# nerite snails



## Min (Jan 18, 2010)

So I've been thinking of getting some snails for my tanks. Before I get any I have a few ????

#1 do they crawl out of water or do they stay below the water level ? The reason I'm asking is because my one tank is divided. I'm wondering if it would crawl over my divider.

#2 would 2 in a 6 gal divided tank be too much?


----------



## kelly528 (Aug 31, 2009)

They will crawl out of the water when parameters change, but usually they only go just above the surface then slowly ease themselves back in over the course of a day. This is common when you first acclimate them. Also, if your pH crashes, etc they will crawl above the waterline so if you ever open your tank lid to see the nerites hanging out up there, check your water ASAP! My nerites have tipped me off a few times to water quality disasters I wouldn't have noticed other wise.

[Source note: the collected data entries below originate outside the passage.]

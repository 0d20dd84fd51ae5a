//! How far a replay has come.

/// Reports the progress of a replay, for a program that shows it.
pub trait Progress {
    /// Called after each entry that was replayed, with how many were so far.
    fn on_replayed(&mut self, entries: usize);
}

/// Reports nothing.
#[derive(Clone, Copy, Debug)]
pub struct SilentProgress;

impl Progress for SilentProgress {
    fn on_replayed(&mut self, _entries: usize) {}
}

But once they are settled they won't crawl out.

And yes I think 2 in a 6g divided would be okay. Fully stocked but okay.


----------



## Min (Jan 18, 2010)

kelly528 said:


> They will crawl out of the water when parameters change, but usually they only go just above the surface then slowly ease themselves back in over the course of a day. This is common when you first acclimate them. Also, if your pH crashes, etc they will crawl above the waterline so if you ever open your tank lid to see the nerites hanging out up there, check your water ASAP! My nerites have tipped me off a few times to water quality disasters I wouldn't have noticed other wise.
> 
> But once they are settled they won't crawl out.
> 
> And yes I think 2 in a 6g divided would be okay. Fully stocked but okay.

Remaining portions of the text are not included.